The News Isn’t So Bad…Doesnt That Suck!

Posted: October 20, 2010 in Uncategorized

The good old days weren’t always so good and tomorrow’s not as bad as it seems.” Billy Joel Keeping the Faith

For some bizarre reason, evangelical Christians dig bad news–maybe its too many novels about the great tribulation or ever-present evils such as Thomas Kinkade paintings and Kirk Cameron movies.  Whatever the reason may be, my fellow conservative believers love bad news; especially bad statistics.

Take Thomas Rainer’s book The Bridger Generation, which claims that only 3% of Generation-Y profess Christ (compared to 15% of Gen-X, 35% of Baby Boomers and a whopping 65% of The Greatest Generation). I can tell stories about revivals in Africa and Asia and receive polite nods but when I quote Rainer’s stats, suddenly Christians start buzzing like a busted chainsaw!

The Body’s love of gloom and doom will probably relegate Bradley Wright’s new book to the bargain bin.  Wright’s Christians are Hate-Filled Hypocrites…and Other Lies You’ve Been Told: A Socialist Shatters Myths from the Secular and Christian Media systematically deconstructs many of the studies that have twisted so many of our panties into a wad over the last few decades.

For example,  Wright concludes that although single twenty- and thirtysomethings are not in fact joining churches in the numbers they previously had, young married couples are as likely to attend church today as they were thirty or forty years ago! Moreover, three-fourths of children raised in evangelical households remain evangelicals and as many believe the Bible is the literal Word of God as they did twenty-odd years ago.   

Also, in contrast to assertions by progressive Christian leaders like Tony Campolo, Jim Wallis, Shane Claiborne, etc.  Wright found that the average evangelical who regularly attends church is highly empathetic to the poor and oppressed.  In contract to “findings” by Barna and others, conservative Christians who are active members of an evangelical congregation do NOT divorce at the same rates as those who do not attend church. 

What about books like “Unchristian” that claim the average “unchurched” person has a negative view of evangelicals?

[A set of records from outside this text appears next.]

//! The clauses of equal latches.

ghost use Rattle.std.specs.Prelude.{◌≡◌, None, IfOk, IfSome};
ghost use Rattle.base.specs.Budget.{Spends};
ghost use Rattle.engine.specs.Findings.{IsForBad};
ghost use Rattle.correspondence.specs.Found.{IsCorrespondence};
ghost use Rattle.correspondence.specs.Rounds.{IsEnd, IsGivenUp, IsLast};

use crate::equal_latches::Correspondence;
use crate::rounds::{Induction, Round};
use base::Budget;
use engine::Progress;
use graph::Model;
use latch_classes::Search;
use random_runs::opened;
use solver::{PartSat, SatError};
use std::alloc::Global;

/// Classes that don't exclude the bad literal may take one of so many parts of what is left of the budget.
const OPEN_PARTS: u64 = 4;

/// What rounds of induction end in: with classes that stay, with the first ones that don't exclude the bad literal, or where
/// the budget is exhausted. Once classes did not exclude it, it is not asked again.
fn induce<S: PartSat, P: Progress>(
    solver: &mut S,
    alloc: Global,
    circuit: &Model,
    induction: &mut Induction,
    is_open: bool,
    progress: &mut P,
    budget: &mut Budget,
) -> Result<Round, SatError>
    requires { IsForBad circuit.now }
    ensures spends { Spends budget.old budget.new }
    ensures round { IfOk result (IsEnd circuit.now is_open budget.new) }
{
    'inducing: while budget.tick() {
        match induction.round(solver, alloc, circuit, is_open, progress, budget)? {
            Round::Split => induction.search.shake(alloc, budget)?,
            ended => return Ok(ended),
        }
    }
    Ok(Round::Over)
}

/// What further rounds end in, where classes don't exclude the bad literal.
fn induce_open<S: PartSat, P: Progress>(
    solver: &mut S,
    alloc: Global,
    circuit: &Model,
    induction: &mut Induction,
    progress: &mut P,
    budget: &mut Budget,
) -> Result<Round, SatError>
    requires { IsForBad circuit.now }
    ensures spends { Spends budget.old budget.new }
    ensures last { IfOk result (IsLast circuit.now budget.old budget.new) }
{
    let mut piece = Budget::new(budget.left() / OPEN_PARTS);
    let ended = induce(
        solver, alloc, circuit, induction, true, progress, &mut piece,
    )?;
    budget.spend(piece.spent());
    Ok(ended)
}

/// What rounds end in, with classes or without.
fn ended<S: PartSat, P: Progress>(
    solver: &mut S,
    alloc: Global,
    circuit: &Model,
    induction: &mut Induction,
    progress: &mut P,
    budget: &mut Budget,
) -> Result<Round, SatError>
    requires { IsForBad circuit.now }
    ensures spends { Spends budget.old budget.new }
    ensures last { IfOk result (IsLast circuit.now budget.old budget.new) }
{
    match induce(solver, alloc, circuit, induction, false, progress, budget)? {
        Round::Open => induce_open(solver, alloc, circuit, induction, progress, budget),
        ended => Ok(ended),
    }
}

/// What `correspond` finds, by rounds that begin with all latches that are reset in one class.
fn correspond_by<S: PartSat, P: Progress>(
    solver: &mut S,
    alloc: Global,
    circuit: &Model,
    induction: &mut Induction,
    progress: &mut P,
    budget: &mut Budget,
) -> Result<Option<Correspondence>, SatError>
    requires { IsForBad circuit.now }
    ensures spends { Spends budget.old budget.new }
    ensures found { IfOk result (λ r. IfSome r (IsCorrespondence circuit.now)) }
    ensures none { IfOk result (λ r. r ≡ None → IsGivenUp circuit.now budget.old budget.new) }
{
    induction.search.simulate(alloc, budget)?;
    induction.search.shake(alloc, budget)?;
    match ended(solver, alloc, circuit, induction, progress, budget)? {
        Round::Fixed(found) => Ok(Some(found)),
        _ => Ok(None),
    }
}

/// Clauses that say which latches are equal, and that are inductive: an invariant where they exclude the bad literal. None
/// only where the budget is exhausted before they are found, or the part of it that clauses which don't exclude it may take,
/// or where the latches are too many. Each round is told to `progress`, and counted.
pub fn correspond<S: PartSat, P: Progress>(
    solver: &mut S,
    alloc: Global,
    circuit: &Model,
    rounds: &mut u64,
    progress: &mut P,
    budget: &mut Budget,
) -> Result<Option<Correspondence>, SatError>
    requires { IsForBad circuit.now }
    ensures spends { Spends budget.old budget.new }
    ensures found { IfOk result (λ r. IfSome r (IsCorrespondence circuit.now)) }
    ensures none { IfOk result (λ r. r ≡ None → IsGivenUp circuit.now budget.old budget.new) }
{
    let opened = opened(alloc, circuit)?;
    let search = Search::new(alloc, circuit, opened.as_ref().unwrap_or(circuit))?;
    let mut induction = Induction::new(search);
    let found = correspond_by(solver, alloc, circuit, &mut induction, progress, budget);
    *rounds = rounds.saturating_add(induction.count);
    found
}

Wright found that actually only 40% of the religiously unaffiliated have a negative view of conservative Christians compared to 70% only ten years ago. 

In sum, Wright makes a compelling case that things are simply not as bad as they seem.

Now, Wright doesn’t nail everything.  He is guilty of abusing statistics when he argues that the estimated low percentage of church attendance at the time of the American Revolution (approximately 10%) belies any notion that the U.S. was ever a “Christian nation.”  Wright ignores the fact that many felt alienated from local established churches, many of which had become country clubs for educated and proper ladies and gentlemen and had actually fiercely opposed the first Great Awakening as “disorderly” and even labeled evangelists like George Whitfield as hucksters.  Moreover, the pioneer had few churches.  Thus, the low percentage of church attendance at the time of the Revolution and until the time of the second Great Awakening says more about the institutional churches at the time than the beliefs of the populace at large but this is a quibble. 

Wright’s book is generally solid, well-worth reading and packed with pretty good news about the state of the faith in our country.

Now, my fellow evangelical, if all this good news leaves you haunted by a strange melancholy, don’t fret my friends, I’m sure the Republicans will screw something up or K-Love will fail to make their goal during their annual pledge drive or some other disaster will ensue and the light will return to your eyes!